■ What this task involves
Take the lines from the beginning of the data below through the line holding "a loop over" and return exactly those.

■ Data extracts
□ □ □ □ □

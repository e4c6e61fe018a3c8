//! The machine: it runs code on data, and writes the text of what the run has found.
//!
//! - `operand`, `stack`, `tops`: what the operand stack holds (`specs/OperandViews`, `specs/Parts`).
//! - `registers`, `offsets`, `up_to_two`: registers, the numbers of cells, and tuples of at most two (`specs/Items`).
//! - `ops`: what the machine does at each place of the code (`specs/Ops`).
//! - `known`, `bodies`, `plans`: what a task does from its taking to its demand, where that is known before any run (`specs/Plans`).
//! - `readers`, `waking`: the tasks that a cell wakes (`specs/KeptReaders`).
//! - `reads`: what a choice or a given may be at sets of members (`specs/Reading`).
//! - `targets`: the cell of a demand, and its bound, as operands tell them (`specs/Targets`).
//! - `demands`: whether a cell meets a demand, and its greatest part that does.
//! - `queue`: the tasks that wait (`specs/TaskQueues`).
//! - `cells`: the parts of a cell that a search splits it into.
//! - `choices`: the choices that can be undone (`specs/Splits`).
//! - `machine`: a step of each instruction. Steps that are done at once, as one operation: `machine/at_once`, `machine/sums` (`specs/Sums`),
//!   `machine/needs` (`specs/Moves`), `machine/members` (`specs/Members`), `machine/addends`, a loop over members (`specs/Addends`),
//!   `machine/planned`, a task up to its demand (`specs/Due`).
//! - `outcome`: how a run ended (`specs/Outcomes`), by how far it went (`specs/Progress`).
//! - `law`: how far a run goes, by the run of the definitions (`specs/ProgressLaws`).
#![tactic(auto)]

mod bodies;
mod cells;
mod choices;
mod demands;
mod known;
mod law;
mod machine;
mod offsets;
mod operand;
mod ops;
mod outcome;
mod plans;
mod queue;
mod raising;
mod readers;
mod reads;
mod registers;
mod stack;
mod targets;
mod tops;
mod types;
mod up_to_two;
mod waking;

pub use law::progress_law;
pub use machine::Machine;
pub use outcome::Outcome;
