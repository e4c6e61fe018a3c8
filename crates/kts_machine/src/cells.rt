ghost use Rattle.std.specs.Prelude.{◌≡◌, ◌≢◌, ◌<◌, ◌<ℤ◌, ◌+ℤ◌, [], length, take, drop, pos, true};
ghost use Rattle.kts_abs.specs.Cells.{IsValid, is_above, value_of};
ghost use Rattle.kts_semi.specs.Ends.{InEnds};
ghost use Rattle.kts_sets.specs.Choices.{IsChoice};
ghost use Rattle.kts_abs.specs.Spaces.{is_wide as is_wide_lem, least_in, least_alone as least_alone_lem, least_dropped as least_dropped_lem};

use kts_abs::Cell;
use kts_semi::Window;
use kts_sets::{Choice, MemberSet};

/// Whether a cell has two values or more.
pub fn is_wide<const W: usize>(cell: &Cell<W>) -> bool
    ensures { result ≡ is_wide_lem (value_of cell.now) }
{
    match cell {
        Cell::Win(window) => window.lo() < window.hi(),
        Cell::Mem(choice) => choice.set().len() > 1,
    }
}

/// The least value of a cell.
pub fn least<const W: usize>(cell: &Cell<W>) -> i64
    ensures { result ≡ least_in (value_of cell.now) }
{
    match cell {
        Cell::Win(window) => window.lo(),
        Cell::Mem(choice) => match choice.set().first() {
            Some(member) => member as i64,
            None => 0,
        },
    }
}

/// The cell with its least value alone.
pub fn least_alone<const W: usize>(cell: &Cell<W>) -> Cell<W>
    ensures value { value_of result ≡ least_alone_lem (value_of cell.now) }
    ensures above { is_above cell.now result ≡ true }
    ensures cell_valid { IsValid cell.now }
    ensures valid { IsValid result }
{
    match cell {
        Cell::Win(window) => Cell::Win(lowest(window)),
        Cell::Mem(choice) => Cell::Mem(first_member(choice)),
    }
}

/// The cell without its least value.
pub fn least_dropped<const W: usize>(cell: &Cell<W>) -> Cell<W>
    requires { is_wide_lem (value_of cell.now) ≡ true }
    ensures value { value_of result ≡ least_dropped_lem (value_of cell.now) }
    ensures above { is_above cell.now result ≡ true }
    ensures cell_valid { IsValid cell.now }
    ensures valid { IsValid result }
{
    match cell {
        Cell::Win(window) => Cell::Win(above_lowest(window)),
        Cell::Mem(choice) => Cell::Mem(other_members(choice)),
    }
}

fn lowest(window: &Window) -> Window
    ensures ends { result ≡ (window.now.0, window.now.0) }
    ensures window_valid { InEnds window.now }
    ensures valid { InEnds result }
{
    match Window::new(window.lo(), window.lo()) {
        Some(lowest) => lowest,
        None => unreachable!(),
    }
}

fn above_lowest(window: &Window) -> Window
    requires { window.now.0 <ℤ window.now.1 }
    ensures ends { result ≡ (window.now.0 +ℤ pos 1, window.now.1) }
    ensures window_valid { InEnds window.now }
    ensures valid { InEnds result }
{
    match Window::new(window.lo() + 1, window.hi()) {
        Some(part) => part,
        None => unreachable!(),
    }
}

fn first_member<const W: usize>(choice: &Choice<W>) -> Choice<W>
    ensures member { result ≡ take 1 choice.now }
    ensures choice_valid { IsChoice choice.now }
    ensures valid { IsChoice result }
{
    let first = match choice.set().first() {
        Some(member) => member,
        None => unreachable!(),
    };
    match MemberSet::single(first) {
        Some(set) => chosen(set),
        None => unreachable!(),
    }
}

fn other_members<const W: usize>(choice: &Choice<W>) -> Choice<W>
    requires { 1 < length choice.now }
    ensures members { result ≡ drop 1 choice.now }
    ensures choice_valid { IsChoice choice.now }
    ensures valid { IsChoice result }
{
    let set = choice.set();
    let least = match set.first() {
        Some(member) => member,
        None => unreachable!(),
    };
    match Choice::new(set.without(least)) {
        Some(others) => {
            // A set tells that it is valid.
            others.set();
            others
        }
        None => unreachable!(),
    }
}

// A set that isn't empty.
fn chosen<const W: usize>(set: MemberSet<W>) -> Choice<W>
    requires { set ≢ [] }
    ensures members { result ≡ set.entry }
    ensures valid { IsChoice result }
{
    match Choice::new(set) {
        Some(choice) => {
            // A set tells that it is valid.
            choice.set();
            choice
        }
        None => unreachable!(),
    }
}
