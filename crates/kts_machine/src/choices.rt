ghost use Rattle.std.specs.Prelude.{◌≡◌, ◌<◌, [], ◌∷◌, length, ◌↔◌, IsTrue, IfOk, IfNone, IfSome};

use kts_base::NoMemory;
use std::alloc::Global;
use std::marker::Model;

/// The cell that a choice split, and the path count of that moment. The space of that moment is a mark of the row.
#[derive(Clone, Copy, Drop)]
pub struct Split {
    pub cell: usize,
    pub path: u64,
}

/// The choices made, with room for so many. Only `open` takes memory.
#[derive(Drop)]
pub struct Choices {
    splits: Vec<Split>,
    room: usize,
}

impl Model for Choices {
    ghost use Rattle.std.specs.Prelude.{◌≤◌, reverse, length, vec_capacity};
    ghost use Rattle.kts_machine.specs.Splits.{Choices as Choices_};

    ghost Value = { Choices_ };

    ghost view = { λ c. record { room = c.room; latest = reverse c.splits.items } };

    ghost invariant = { λ c. (length c.splits.items ≤ c.room) × (c.room ≤ vec_capacity c.splits) };
}

impl Choices {
    /// No choice, with room for so many.
    pub fn open(alloc: Global, room: usize) -> Result<Choices, NoMemory>
        ensures { IfOk result (λ c. c ≡ record { room = room; latest = [] }) }
    {
        match Vec::with_capacity(alloc, room) {
            Ok(splits) => Ok(Choices { splits, room }),
            Err(_) => Err(NoMemory),
        }
    }

    pub fn is_empty(&self) -> bool
        ensures { IsTrue result ↔ (self.now.latest ≡ []) }
    {
        self.splits.is_empty()
    }

    pub fn push(&mut self, split: Split)
        requires { length self.old.latest < self.old.room }
        ensures { self.new ≡ record self.old { latest = split ∷ self.old.latest } }
    {
        match self.splits.push(split) {
            Ok(()) => {}
            Err(_) => unreachable!(),
        }
    }

    /// Takes the latest choice.
    pub fn pop(&mut self) -> Option<Split>
        ensures none { IfNone result (self.new ≡ self.old) }
        ensures empty { IfNone result (self.old.latest ≡ []) }
        ensures some { IfSome result (λ split. self.old ≡ record self.new { latest = split ∷ self.new.latest }) }
    {
        self.splits.pop()
    }

    pub fn clear(&mut self)
        ensures { self.new ≡ record self.old { latest = [] } }
    {
        self.splits.clear();
    }
}
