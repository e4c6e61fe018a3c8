ghost use Rattle.std.specs.Prelude.{◌≡◌, Bool, Option};
ghost use Rattle.kts_abs.specs.Abstraction.{IsOperand};

use kts_semi::{Semi, Window};
use kts_sets::Choice;

/// An abstract value, which stands for the values that it allows.
pub trait Operand: Copy {
    type Value;

    ghost Valid: { Self → Type 0 };

    ghost allows: { Self → Self.Value → Bool };

    ghost leq: { Self → Self → Bool };

    ghost single: { Self → Option Self.Value };

    /// Whether the value is one of those that are stood for.
    fn allows(&self, v: &Self::Value) -> bool
        ensures value { result ≡ allows self.now v.now }
        ensures valid { Valid self.now };

    /// Whether `o` allows no value that this one does not allow.
    fn leq(&self, o: &Self) -> bool
        ensures value { result ≡ leq self.now o.now }
        ensures valid { Valid self.now }
        ensures other_valid { Valid o.now };

    /// The one allowed value.
    fn single(&self) -> Option<Self::Value>
        ensures value { result ≡ single self.now }
        ensures valid { Valid self.now };

    ghost laws: { IsOperand Valid allows leq single };
}

impl Operand for Window {
    ghost use Rattle.kts_semi.specs.Ends.{InEnds, inside};
    ghost use Rattle.kts_abs.specs.Windows.{in_window, single_of};
    ghost use Rattle.kts_abs.specs.WindowLaws.{windows};

    type Value = i64;

    ghost Valid = { InEnds };

    ghost allows = { in_window };

    ghost leq = { inside };

    ghost single = { single_of };

    ghost laws = { windows };

    fn allows(&self, v: &i64) -> bool {
        self.lo() <= *v && *v <= self.hi()
    }

    fn leq(&self, o: &Window) -> bool {
        Semi::leq(self, o)
    }

    fn single(&self) -> Option<i64> {
        if self.lo() == self.hi() {
            Some(self.lo())
        } else {
            None
        }
    }
}

impl<const W: usize> Operand for Choice<W> {
    ghost use Rattle.kts_sets.specs.Choices.{IsChoice, within};
    ghost use Rattle.kts_abs.specs.Members.{has_member, single_member};
    ghost use Rattle.kts_abs.specs.MemberLaws.{choices};

    type Value = usize;

    ghost Valid = { IsChoice };

    ghost allows = { has_member };

    ghost leq = { within };

    ghost single = { single_member };

    ghost laws = { choices };

    fn allows(&self, v: &usize) -> bool {
        self.set().contains(*v)
    }

    fn leq(&self, o: &Choice<W>) -> bool {
        Semi::leq(self, o)
    }

    fn single(&self) -> Option<usize> {
        let members = self.set();
        if members.len() == 1 {
            members.first()
        } else {
            None
        }
    }
}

□ □ □ □ □

■ Task result
repository e4c6e61fe018a3c8
//! The machine: it runs code on data, and writes the text of what the run has found.
//!
//! - `operand`, `stack`, `tops`: what the operand stack holds (`specs/OperandViews`, `specs/Parts`).
//! - `registers`, `offsets`, `up_to_two`: registers, the numbers of cells, and tuples of at most two (`specs/Items`).
//! - `ops`: what the machine does at each place of the code (`specs/Ops`).
//! - `known`, `bodies`, `plans`: what a task does from its taking to its demand, where that is known before any run (`specs/Plans`).
//! - `readers`, `waking`: the tasks that a cell wakes (`specs/KeptReaders`).
//! - `reads`: what a choice or a given may be at sets of members (`specs/Reading`).
//! - `targets`: the cell of a demand, and its bound, as operands tell them (`specs/Targets`).
//! - `demands`: whether a cell meets a demand, and its greatest part that does.
//! - `queue`: the tasks that wait (`specs/TaskQueues`).
//! - `cells`: the parts of a cell that a search splits it into.
//! - `choices`: the choices that can be undone (`specs/Splits`).
//! - `machine`: a step of each instruction. Steps that are done at once, as one operation: `machine/at_once`, `machine/sums` (`specs/Sums`),
//!   `machine/needs` (`specs/Moves`), `machine/members` (`specs/Members`), `machine/addends`, a loop over members (`specs/Addends`),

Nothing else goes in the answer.